This "fancy balloon," and the "bubble casting" method which made it, shows promise for soft robotics. (📷: Jones et al)

Key to the field of soft robotics are actuators, and it's here where the team has claimed a breakthrough: A means of manufacturing soft robotic actuators which doesn't require 3D printers, laser cutters, or other expensive equipment — and which can scale to actuators over 10 feet in length and with features as small as 100 microns.

"What's really smart is this idea to shape the structure just by natural fluid motion," said François Gallaire, a professor of fluid dynamics at the EPFL who was not involved in the research, opined on the team's work. "These processes are going to work at many different scales, including for very tiny things. That's exciting because casting these tubes with typical fabrication methods could be really difficult, so there's the potential to make very small tubes."
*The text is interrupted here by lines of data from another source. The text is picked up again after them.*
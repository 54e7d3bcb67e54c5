//! The entries of what follows an authorisation: increments, reversals, clearings and refunds.
ghost use Rattle.std.specs.Prelude.{◌≡◌, ◌<◌, ◌^◌, Some, IfOk, OnOk, IsTrue};
ghost use Rattle.iss_model.specs.Forms.{is_amount, is_stamp};
ghost use Rattle.iss_model.specs.rules.Facts.{txn_in};
ghost use Rattle.std.specs.List.{list_any};
ghost use Rattle.iss_model.specs.rules.Settings.{card_named, is_active_card};
ghost use Rattle.iss_model.specs.rules.Asks.{is_authorization};
ghost use Rattle.iss_model.specs.rules.Reasons.{is_some_with};
ghost use Rattle.iss_model.specs.rules.CardReasons.{further_ask, increment_reason, is_pending, reversal_reason, clearing_reason};
ghost use Rattle.iss_hold.specs.Holdings.{txn_of_hold, parts_of_hold, whole_of};
ghost use Rattle.iss_core.specs.States.{facts_of, kept_state};
ghost use Rattle.iss_core.specs.Asks.{ask_of};
ghost use Rattle.iss_core.specs.Cards.{increment_on, reversal_on, reversed_on, clearing_on, cleared_on, captured_on, refund_on, refunded_on, acts_on_txn, further_ask_reason};
ghost use Rattle.iss_core.specs.Order.{IsInOrder};
ghost use Rattle.iss_core.specs.Adding.{AddsActs};

use crate::asks::Ask;
use crate::looking::is_active_card;
use crate::pieces::{put_decided, put_declined, put_notice, put_notice_of_some};
use crate::state::State;
use iss_chain::pieces;
use iss_hold::Hold;
use iss_model::{Currency, Entry, Method, Opened, Reason, Token, Txn, Verdict};
use std::alloc::{AllocError, Global};

/// What follows an authorisation on its transaction.
#[derive(Clone, Copy)]
pub(crate) struct Operation {
    pub token: Token,
    pub txn: Token,
    pub currency: Currency,
    /// In minor units.
    pub amount: u64,
    /// Whether a clearing is the last one.
    pub last: bool,
    /// In milliseconds since 1970.
    pub at: u64,
}

impl Operation {
    /// An increment of a transaction, as an ask.
    fn ask(&self, txn: &Txn) -> Ask
        ensures { ask_of result ≡ further_ask self.now.token self.now.amount self.now.at txn.now }
    {
        Ask {
            event: self.token,
            txn: *txn,
            amount: self.amount,
            first: false,
            partial: false,
            at: self.at,
        }
    }
}

impl State {
    /// An increment is declined, or counts as use and seeks funding.
    #[inline(never)]
    pub(crate) fn put_increment(
        &self,
        alloc: Global,
        out: &mut Vec<Entry>,
        operation: &Operation,
    ) -> Result<(), AllocError>
        requires order { IsInOrder (kept_state self.now) }
        requires amount { IsTrue (is_amount operation.now.amount) }
        requires stamp { IsTrue (is_stamp operation.now.at) }
        ensures { OnOk result (AddsActs out.old out.new (acts_on_txn increment_on (facts_of self.now) operation.now)) }
    {
        match self.hold(&operation.txn) {
            None => put_declined(out, &operation.token, Reason::TxnUnknown),
            Some(hold) => self.put_further_ask(alloc, out, operation, &hold),
        }
    }

    /// An increment of a known transaction is declined, or counts as use and seeks funding.
    fn put_further_ask(
        &self,
        alloc: Global,
        out: &mut Vec<Entry>,
        operation: &Operation,
        hold: &Hold,
    ) -> Result<(), AllocError>
        requires order { IsInOrder (kept_state self.now) }
        requires amount { IsTrue (is_amount operation.now.amount) }
        requires stamp { IsTrue (is_stamp operation.now.at) }
        ensures { OnOk result (AddsActs out.old out.new (increment_on (facts_of self.now) operation.now (Some (txn_of_hold hold.now)))) }
    {
        let ask = operation.ask(&hold.txn);
        if let Some(why) = self.increment_reason(alloc, operation, hold, &ask)? {
            return put_declined(out, &operation.token, why);
        }
        out.push(Entry::Usage(ask.usage()))?;
        self.put_funding(out, &ask)
    }

    fn increment_reason(
        &self,
        alloc: Global,
        operation: &Operation,
        hold: &Hold,
        ask: &Ask,
    ) -> Result<Option<Reason>, AllocError>
        requires amount { IsTrue (is_amount ask.now.amount) }
        requires stamp { IsTrue (is_stamp ask.now.at) }
        ensures { IfOk result (λ why. why ≡ further_ask_reason (facts_of self.now) operation.now hold.now (ask_of ask.now)) }
    {
        let txn = &hold.txn;
        if !hold.live {
            return Ok(Some(Reason::TxnClosed));
        }
        if self.is_pending(alloc, txn)? {
            return Ok(Some(Reason::TxnPending));
        }
        if !self.has_active_card(txn) {
            return Ok(Some(Reason::CardState));
        }
        if !self.is_active_user(&txn.user) {
            return Ok(Some(Reason::UserState));
        }
        if txn.currency != operation.currency {
            return Ok(Some(Reason::Currency));
        }
        Ok(self.ask_reason(ask))
    }

    /// Whether the call of a transaction's authorisation is asked.
    fn is_pending(&self, alloc: Global, txn: &Txn) -> Result<bool, AllocError>
        ensures { IfOk result (λ pending. pending ≡ is_pending (facts_of self.now) txn.now) }
    {
        let asked = self.calls.asked_of(alloc, &txn.token)?;
        Ok(is_any_authorization(&asked))
    }

    fn has_active_card(&self, txn: &Txn) -> bool
        ensures { result ≡ is_some_with (λ c. is_active_card c.state) (card_named txn.now.card (facts_of self.now).cards) }
    {
        match self.cards.card(&txn.card) {
            Some(card) => is_active_card(card.state),
            None => false,
        }
    }

    /// A reversal is declined, or it abandons the calls and lets go up to its amount. It then ends a transaction that
    /// holds nothing, and tells the gateway what was let go.
    pub(crate) fn put_reversal(
        &self,
        alloc: Global,
        out: &mut Vec<Entry>,
        operation: &Operation,
    ) -> Result<(), AllocError>
        requires order { IsInOrder (kept_state self.now) }
        ensures { OnOk result (AddsActs out.old out.new (acts_on_txn reversal_on (facts_of self.now) operation.now)) }
    {
        let Some(hold) = self.hold(&operation.txn) else {
            return put_declined(out, &operation.token, Reason::TxnUnknown);
        };
        if let Some(why) = reversal_reason(&hold, operation.currency) {
            return put_declined(out, &operation.token, why);
        }
        self.put_reversed(alloc, out, operation, &hold)
    }

    fn put_reversed(
        &self,
        alloc: Global,
        out: &mut Vec<Entry>,
        operation: &Operation,
        hold: &Hold,
    ) -> Result<(), AllocError>
        requires order { IsInOrder (kept_state self.now) }
        requires small { whole_of hold.now < 2 ^ 62 }
        ensures { OnOk result (AddsActs out.old out.new (reversed_on (facts_of self.now) operation.now hold.now)) }
    {
        let txn = &hold.txn;
        let number = self.put_abandonment(alloc, out, self.next_notice(), txn, &Reason::Reversed)?;
        pieces::reverse(out, hold, operation.amount)?;
        let freed = operation.amount.min(hold.whole());
        let gateway = freed.saturating_sub(hold.p).min(hold.g);
        put_notice_of_some(out, number, Method::Reversal, txn, freed, gateway)?;
        put_decided(out, &operation.token, Verdict::Done)
    }

    /// A clearing is declined, or takes its amount. It ends a live transaction if it is the last one, or nothing is held
    /// after it.
    pub(crate) fn put_clearing(
        &self,
        alloc: Global,
        out: &mut Vec<Entry>,
        operation: &Operation,
    ) -> Result<(), AllocError>
        requires order { IsInOrder (kept_state self.now) }
        requires amount { IsTrue (is_amount operation.now.amount) }
        ensures { OnOk result (AddsActs out.old out.new (acts_on_txn clearing_on (facts_of self.now) operation.now)) }
    {
        let Some(hold) = self.hold(&operation.txn) else {
            return put_declined(out, &operation.token, Reason::TxnUnknown);
        };
        if let Some(why) = clearing_reason(&hold, operation.currency) {
            return put_declined(out, &operation.token, why);
        }
        self.put_cleared(alloc, out, operation, &hold)
    }

    fn put_cleared(
        &self,
        alloc: Global,
        out: &mut Vec<Entry>,
        operation: &Operation,
        hold: &Hold,
    ) -> Result<(), AllocError>
        requires order { IsInOrder (kept_state self.now) }
        requires small { whole_of hold.now < 2 ^ 62 }
        requires amount { IsTrue (is_amount operation.now.amount) }
        ensures { OnOk result (AddsActs out.old out.new (cleared_on (facts_of self.now) operation.now hold.now)) }
    {
        let amount = operation.amount;
        pieces::clear(out, hold, amount, operation.at)?;
        let rest = hold.without(&hold.taken_to_clear(amount));
        self.put_capture(alloc, out, &rest, amount, operation.last)?;
        put_decided(out, &operation.token, Verdict::Done)
    }

    /// The end of a transaction with a clearing, which leaves this hold, and the gateway's notice of it.
    fn put_capture(
        &self,
        alloc: Global,
        out: &mut Vec<Entry>,
        rest: &Hold,
        amount: u64,
        last: bool,
    ) -> Result<(), AllocError>
        requires order { IsInOrder (kept_state self.now) }
        requires small { whole_of rest.now < 2 ^ 62 }
        ensures { OnOk result (AddsActs out.old out.new (captured_on (facts_of self.now) rest.now amount last)) }
    {
        let txn = &rest.txn;
        let number = self.next_notice();
        if rest.live && (last || rest.whole() == 0) {
            let next = self.put_abandonment(alloc, out, number, txn, &Reason::Cleared)?;
            pieces::end(out, rest)?;
            return put_notice(out, next, Method::Capture, txn, amount, rest.g);
        }
        put_notice(out, number, Method::Capture, txn, amount, 0)
    }

    /// A refund is declined, or comes back from the network, and is paid back for a product that a gateway funds.
    #[inline(never)]
    pub(crate) fn put_refund(
        &self,
        out: &mut Vec<Entry>,
        operation: &Operation,
    ) -> Result<(), AllocError>
        requires order { IsInOrder (kept_state self.now) }
        ensures { OnOk result (AddsActs out.old out.new (acts_on_txn refund_on (facts_of self.now) operation.now)) }
    {
        let Some(hold) = self.hold(&operation.txn) else {
            return put_declined(out, &operation.token, Reason::TxnUnknown);
        };
        if hold.txn.currency != operation.currency {
            return put_declined(out, &operation.token, Reason::Currency);
        }
        if self.chain.over(&operation.txn, operation.amount) {
            return put_declined(out, &operation.token, Reason::RefundOver);
        }
        self.put_refunded(out, operation, &hold)
    }

    fn put_refunded(
        &self,
        out: &mut Vec<Entry>,
        operation: &Operation,
        hold: &Hold,
    ) -> Result<(), AllocError>
        requires order { IsInOrder (kept_state self.now) }
        requires known { txn_in (facts_of self.now) operation.now.txn ≡ Some (txn_of_hold hold.now) }
        ensures { OnOk result (AddsActs out.old out.new (refunded_on (facts_of self.now) operation.now hold.now)) }
    {
        let txn = &hold.txn;
        let amount = operation.amount;
        let owed = self.chain.owed(&operation.txn);
        pieces::refund(out, txn, owed, amount)?;
        let gateway = amount - amount.min(owed);
        put_notice(
            out,
            self.next_notice(),
            Method::Refund,
            txn,
            amount,
            gateway,
        )?;
        put_decided(out, &operation.token, Verdict::Done)
    }
}

/// Why a reversal of a known transaction is declined.
fn reversal_reason(hold: &Hold, currency: Currency) -> Option<Reason>
    ensures { result ≡ reversal_reason (Some (txn_of_hold hold.now)) currency }
{
    if !hold.live {
        return Some(Reason::TxnClosed);
    }
    clearing_reason(hold, currency)
}

/// Why a clearing of a known transaction is declined: it may come after the transaction ended.
fn clearing_reason(hold: &Hold, currency: Currency) -> Option<Reason>
    ensures { result ≡ clearing_reason (Some (txn_of_hold hold.now)) currency }
{
    if hold.txn.currency != currency {
        return Some(Reason::Currency);
    }
    None
}

fn is_any_authorization(asked: &[Opened]) -> bool
    ensures { result ≡ list_any (λ o. is_authorization o.method) asked.now }
{
    asked
        .iter()
        .any(|opened| matches!(opened.method, Method::Authorization))
}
The team developed a computer model which could predict exactly how the balloons would deform as they inflated. (📷: Jones et al)

The manufacturing technique, which the team calls "bubble casting," sees elastomer injected into a mold then injected with air — creating the bubble. The bubble slowly rises to the top as the elastomer drains from the bottom, and the result is a "fancy balloon" which has a thin side — causing it to stretch and curl in a predictable way once inflated with air.
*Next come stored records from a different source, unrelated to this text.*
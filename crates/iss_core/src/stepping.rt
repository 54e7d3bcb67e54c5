//! A record that was taken up settles what is due, and then makes its own entries.
ghost use Rattle.std.specs.Prelude.{◌≡◌, [], OnOk, IsTrue};
ghost use Rattle.iss_model.specs.Forms.{is_in_form, is_stamp};
ghost use Rattle.iss_model.specs.rules.Stepping.{after_due, own_entries};
ghost use Rattle.iss_model.specs.state.Cores.{core_keeper};
ghost use Rattle.iss_core.specs.States.{facts_of, kept_state};
ghost use Rattle.iss_core.specs.Sound.{IsTakenUp};
ghost use Rattle.iss_core.specs.Sweeps.{growth_of, settle_one, with_own_entries};
ghost use Rattle.iss_core.specs.Adding.{Adds};

use crate::due::Due;
use crate::state::State;
use iss_model::{Entry, Record};
use std::alloc::{AllocError, Global};

impl State {
    /// Settles all that is due at the record's stamp, and adds the entries to none.
    pub(crate) fn settle_due(
        &mut self,
        alloc: Global,
        out: &mut Vec<Entry>,
        accepted: &Record,
    ) -> Result<(), AllocError>
        requires taken_up { IsTakenUp accepted.now.input (kept_state self.old) }
        requires stamp { IsTrue (is_stamp accepted.now.at) }
        requires empty { out.old.items ≡ [] }
        ensures settled { OnOk result (growth_of self.new out.new ≡ after_due core_keeper (kept_state self.old) accepted.now.at) }
        ensures taken_up { OnOk result (IsTakenUp accepted.now.input (kept_state self.new)) }
    {
        if !self.is_due(accepted.at) {
            return Ok(());
        }
        let due = self.due(alloc, accepted.at)?;
        for thing in &due {
            self.settle(alloc, out, thing, accepted)?;
        }
        Ok(())
    }

    /// Settles a due thing, and adds its entries.
    fn settle(
        &mut self,
        alloc: Global,
        out: &mut Vec<Entry>,
        thing: &Due,
        accepted: &Record,
    ) -> Result<(), AllocError>
        requires taken_up { IsTakenUp accepted.now.input (kept_state self.old) }
        requires stamp { IsTrue (is_stamp accepted.now.at) }
        ensures settled { OnOk result (growth_of self.new out.new ≡ settle_one accepted.now.at (growth_of self.old out.old) thing.now) }
        ensures taken_up { OnOk result (IsTakenUp accepted.now.input (kept_state self.new)) }
    {
        let start = out.len();
        self.put_due(alloc, out, thing, accepted.at)?;
        self.enter_all(alloc, &out[start..])
    }

    /// Makes the record's own entries, enters them, and adds them.
    pub(crate) fn make(
        &mut self,
        alloc: Global,
        out: &mut Vec<Entry>,
        accepted: &Record,
    ) -> Result<(), AllocError>
        requires taken_up { IsTakenUp accepted.now.input (kept_state self.old) }
        requires input_form { IsTrue (is_in_form accepted.now.input) }
        requires stamp { IsTrue (is_stamp accepted.now.at) }
        ensures entries { OnOk result (Adds out.old out.new (own_entries accepted.now (facts_of self.old))) }
        ensures state { OnOk result (kept_state self.new ≡ with_own_entries (kept_state self.old) accepted.now) }
    {
        let start = out.len();
        self.put_own(alloc, out, accepted)?;
        self.enter_all(alloc, &out[start..])
    }
}
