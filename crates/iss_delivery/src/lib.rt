//! What the processor and the gateway send each other, as the other side takes it.
//!
//! It may cite `iss_model`, `iss_jit`, `iss_gateway`, `uuid`, the definitions of `iss_exchange_laws`, and laws of the book in
//! proofs. It must not cite the core: it doesn't know what stands.
#![tactic(auto)]

mod answers;
mod delivering;
mod laws;
mod sending;

pub use answers::{input_given, is_gateways};
pub use delivering::deliver;
pub use laws::what_is_sent_is_read;
pub use sending::put_sent;
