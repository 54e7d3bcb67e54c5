//! The entries of settings and loads.
ghost use Rattle.std.specs.Prelude.{[], ◌∷◌, OnOk, IsTrue};
ghost use Rattle.iss_model.specs.Forms.{is_amount};
ghost use Rattle.iss_model.specs.rules.Acts.{Sets};
ghost use Rattle.iss_model.specs.rules.Stepping.{acts_unless};
ghost use Rattle.iss_core.specs.States.{facts_of};
ghost use Rattle.iss_core.specs.Settings.{load_acts};
ghost use Rattle.iss_core.specs.Adding.{AddsActs};

use crate::pieces::{put_decided, put_declined};
use crate::state::State;
use iss_model::{Account, Currency, Entry, Input, Reason, Token, Verdict};
use std::alloc::AllocError;

/// A setting is declined with a reason, or takes effect and is done.
#[tactic(auto, using(iss_model::proofs::Copies::copy_is))]
pub(crate) fn put_setting(
    out: &mut Vec<Entry>,
    why: Option<Reason>,
    token: &Token,
    input: &Input,
) -> Result<(), AllocError>
    ensures { OnOk result (AddsActs out.old out.new (acts_unless why token.now (Sets input.now token.now ∷ []))) }
{
    match why {
        Some(why) => put_declined(out, token, why),
        None => {
            out.push(Entry::Conf(input.clone()?))?;
            put_decided(out, token, Verdict::Done)
        }
    }
}

impl State {
    /// Money comes in for a user from the programme, or the load is declined.
    pub(crate) fn put_load(
        &self,
        out: &mut Vec<Entry>,
        token: &Token,
        user: &Token,
        currency: Currency,
        amount: u64,
    ) -> Result<(), AllocError>
        ensures { OnOk result (AddsActs out.old out.new (load_acts (facts_of self.now) token.now user.now currency amount)) }
    {
        if let Some(why) = self.load_reason(user) {
            return put_declined(out, token, why);
        }
        out.push(Entry::Post {
            from: Account::Programme(currency),
            to: Account::User(*user, currency),
            amount,
            txn: None,
        })?;
        put_decided(out, token, Verdict::Done)
    }
}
The technique has already been used to produce star-shaped soft robotic "hands," which can softly grip a blackberry, a coil designed to act as an artificial muscle, and a set of fingers which curl one-by-one. The next step, beyond improving the reliability in the face of over-inflation: More complex actuators, including a rippling system which mimics a millipede's locomotion and chambers which mimic the beating of the human heart.

The team's work has been published in the journal Nature under closed-access terms.